Не получалось. Не получалось у Бураха его ненавидеть. Злиться получалось, ненавидеть — нет. Жалеть получалось, а для Данковского это, наверное, было наказанием хуже ненависти. Хрупкая столичная гордость аж трещинами вся изошлась.
Бурах нашёл его ближе к ночи, случайно. Отправился к кругу каменных останцев на краю лагеря в поисках трав, а обнаружил Данковского, сидящего на одном из камней рядом с зажжённой керосиновой лампой и сброшенным, будто потускневшая старая кожа, змеиным плащом.
У его ног стоял распахнутый саквояж. Рукав рубашки был закатан выше локтя, закреплён тугим жгутом. На белом лице в неровном свете лампы блестели капельки пота, рука, сжимающая шприц, вся тряслась. Игла царапнула кожу не в том месте — явно не в первый раз, и одновременно с этим Данковский чертыхнулся, только сейчас заметив, что не один.
Перед его гневным взглядом Бурах какое-то время просто стоял, не произнося ни слова. Со стороны лагеря доносился размеренный гул голосов и звуки людской вечерней рутины, из Степи — шелест ветра и редкий стрёкот бегущих от Города ночных насекомых. А они молчали, с упрямым вызовом глядя друг другу в глаза.
В конце концов, Бурах опустился на землю перед ним. Взял в одну руку шприц, легко вырвав его из ослабших пальцев, в другую — предплечье, усеянное пятнами синяков и следами давних уколов. Толку не было никакого в том, чтобы его увещевать, что-то ему выговаривать. В лагере находились и те, кому морфий нужнее, но Данковский и так отдал часть личных запасов, когда только явился в Шэхен. Помогал тогда тоже. Не одному человеку жизнь спас.
Глянув на него исподлобья, Бурах шумно вытолкнул носом воздух, будто от злости своей отфыркнулся, как от воды. Натянул большим пальцем бумажную кожу, всмотрелся внимательно в сеть тонких вен, змеящихся под синюшными гематомами. Увидел нужную совершенно отчётливо и твёрдым движением ввёл иглу.
Вытащил он её раньше, чем закончился морфий в шприце: Данковский столько набрал, что с его весом можно было уснуть и не проснуться. Недовольный, он дёрнулся, видя, что Бурах собрался убрать шприц обратно в чехол; пришлось крепче стиснуть его руку, удерживая на месте. Голос прорезался какой-то тяжёлой, едва знакомой самому Бураху хрипотцой:
— Нет. Ты забываешься, мога. Шинии заяанай судалые гартаа барижа байнаб. Теперь мне решать, когда ты умрёшь.

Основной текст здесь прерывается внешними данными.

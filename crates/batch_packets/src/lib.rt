//! Datagrams of the server as bytes: a batch of requests, and the replies to it.
//!
//! What is read is the batch, or the replies, whose text the bytes are. A fault is the first one in
//! the order of the format, and comes exactly there; out of memory alone is free. What is written is
//! the text. Bytes are the text of at most one batch, and of at most one list of replies.
#![tactic(auto)]

mod batch;
mod checking;
mod fault;
mod header;
mod item;
mod laws;
mod replies;
mod reply_text;
mod status;

pub use batch::{Batch, BatchRef, Request, RequestList, Want, read_batch, write_batch};
pub use checking::{RequestRef, Requests, check_batch};
pub use fault::BatchFault;
pub use header::{
    HEADER_LEN, Header, MAX_DATAGRAM_LEN_V1, MAX_DATAGRAM_LEN_V2, MAX_ITEMS, MAX_VALUE_LEN_V1,
    is_version, max_datagram_len, max_value_len,
};
pub use laws::one_reading;
pub use replies::{Replies, Reply, ReplyList, is_reply, read_replies, write_replies};
pub use reply_text::ReplyText;
pub use status::Status;

/// The text of a batch, or of replies.
pub type Datagram = outside::Bytes;
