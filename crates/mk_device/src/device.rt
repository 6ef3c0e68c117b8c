//! Devices: what bytes are read from, and what they are written to.
ghost use Rattle.std.specs.Prelude.{◌≡◌, ◌≢◌, ◌<◌, ◌≤◌, ◌↔◌, ℕ, Bool, true, false, is_err, List, Option, Some, length, take, IfOk, OnOk, OnErr, IfSome, IsErrOf};
ghost use Rattle.std.specs.Io.KnownBytes.{Appends, Consumes, IsAtEnd};
ghost use Rattle.mk_device.specs.Device.{AppendsBeginning};

use std::alloc::{AllocError, Global};

/// A device failed: it could not be opened, or a read or a write of it was refused.
#[derive(Clone, Copy, Debug, PartialEq, Eq)]
pub struct Broken;

/// A device that gives bytes.
pub trait Intake {
    /// The bytes that reads give from here on, where the contract states them.
    ghost left: { Self → Option (List ℕ) };

    /// A read was refused. A device that has failed is not read again.
    ghost has_failed: { Self → Bool };

    /// Whether reads come to the end of the device, and none before is refused, where the contract states it.
    ghost readable: { Self → Option Bool };

    /// At most so many reads give something from here on.
    ghost reads_left: { Self → ℕ };

    /// Reads into the front of the buffer, and answers how many bytes came. Where the buffer is not empty, 0 says that
    /// the device is at its end. `Broken` says that the device has failed; nothing is said of its bytes then.
    fn read(&mut self, buffer: &mut [u8]) -> Result<usize, Broken>
        requires { has_failed self.old ≡ false }
        ensures bound { IfOk result (λ n. n ≤ length buffer.new) }
        ensures bytes { IfOk result (λ n. Consumes (left self.old) (left self.new) (take n buffer.new)) }
        ensures end { IfOk result (λ n. n ≡ 0 → 0 < length buffer.new → IsAtEnd (left self.new)) }
        ensures fewer { IfOk result (λ n. 0 < n → reads_left self.new < reads_left self.old) }
        ensures can { IfOk result (λ n. n ≡ 0 → 0 < length buffer.new → readable self.old ≢ Some false) }
        ensures cannot { OnErr result (readable self.old ≢ Some true) }
        ensures same { OnOk result (readable self.new ≡ readable self.old) }
        ensures failed { has_failed self.new ≡ is_err result };
}

/// A device that takes bytes.
pub trait Outlet {
    /// The bytes that were written, where the contract states them.
    ghost written: { Self → Option (List ℕ) };

    /// A write was refused. A device that has failed is not written to again.
    ghost has_failed: { Self → Bool };

    /// Writes a beginning of the bytes, and answers how many it took: one or more, where there are any. `Broken` says
    /// that the device has failed; a beginning of the bytes, or none, was written then.
    fn write(&mut self, bytes: &[u8]) -> Result<usize, Broken>
        requires { has_failed self.old ≡ false }
        ensures bound { IfOk result (λ n. n ≤ length bytes.now) }
        ensures some { IfOk result (λ n. 0 < length bytes.now → 0 < n) }
        ensures grows { IfOk result (λ n. Appends (written self.old) (written self.new) (take n bytes.now)) }
        ensures beginning { OnErr result (AppendsBeginning (written self.old) (written self.new) bytes.now) }
        ensures failed { has_failed self.new ≡ is_err result };
}

/// Why a device was not read to its end.
#[derive(Clone, Copy, Debug, PartialEq, Eq)]
pub enum ReadStop {
    /// Memory ran out.
    Memory,
    /// The device failed.
    Broken,
}

impl From<AllocError> for ReadStop {
    ghost use Rattle.mk_device.specs.declared.device.ReadStop.TheVariants as stops;

    ghost from_gives = { λ _ stop. stop ≡ stops.Memory };

    fn from(_error: AllocError) -> ReadStop {
        ReadStop::Memory
    }
}

impl From<Broken> for ReadStop {
    ghost use Rattle.mk_device.specs.declared.device.ReadStop.TheVariants as stops;

    ghost from_gives = { λ _ stop. stop ≡ stops.Broken };

    fn from(_broken: Broken) -> ReadStop {
        ReadStop::Broken
    }
}

/// Reads a device to its end, and gives all the bytes that were left. `ReadStop::Broken` comes exactly where the device
/// fails; the only other error is out of memory.
pub fn read_all<I: Intake>(alloc: Global, device: &mut I) -> Result<Vec<u8>, ReadStop>
    requires { I.has_failed device.old ≡ false }
    ensures bytes { IfOk result (λ all. IfSome (I.left device.old) (λ bytes. all.items ≡ bytes)) }
    ensures consumed { IfOk result (λ all. Consumes (I.left device.old) (I.left device.new) all.items) }
    ensures end { OnOk result (IsAtEnd (I.left device.new)) }
    ensures can { OnOk result (I.readable device.old ≢ Some false) }
    ensures cannot { IsErrOf result ReadStop.Broken → I.readable device.old ≢ Some true }
    ensures broken { IsErrOf result ReadStop.Broken ↔ (I.has_failed device.new ≡ true) }
{
    let mut all = Vec::new(alloc);
    let mut buffer = [0u8; 65536];
    'reads: loop {
        let n = device.read(&mut buffer)?;
        if n == 0 {
            return Ok(all);
        }
        all.extend_from_slice(&buffer[..n])?;
    }
}

/// Writes all the bytes. `Broken` comes exactly where the device fails; a beginning of the bytes was written then.
pub fn write_all<O: Outlet>(device: &mut O, bytes: &[u8]) -> Result<(), Broken>
    requires { O.has_failed device.old ≡ false }
    ensures all { OnOk result (Appends (O.written device.old) (O.written device.new) bytes.now) }
    ensures beginning { OnErr result (AppendsBeginning (O.written device.old) (O.written device.new) bytes.now) }
    ensures failed { O.has_failed device.new ≡ is_err result }
{
    let mut taken = 0;
    'writes: while taken < bytes.len() {
        taken += device.write(&bytes[taken..])?;
    }
    Ok(())
}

Это было единственным условием, которое Бурах поставил, впустив змея в Шэхен. Если Данковский желал умереть на своих условиях — мог проваливать на все четыре стороны. В ночной Степи смерть себя ждать не заставила бы. Тем более теперь, когда её тлетворное дыхание всё ощутимей холодило спину.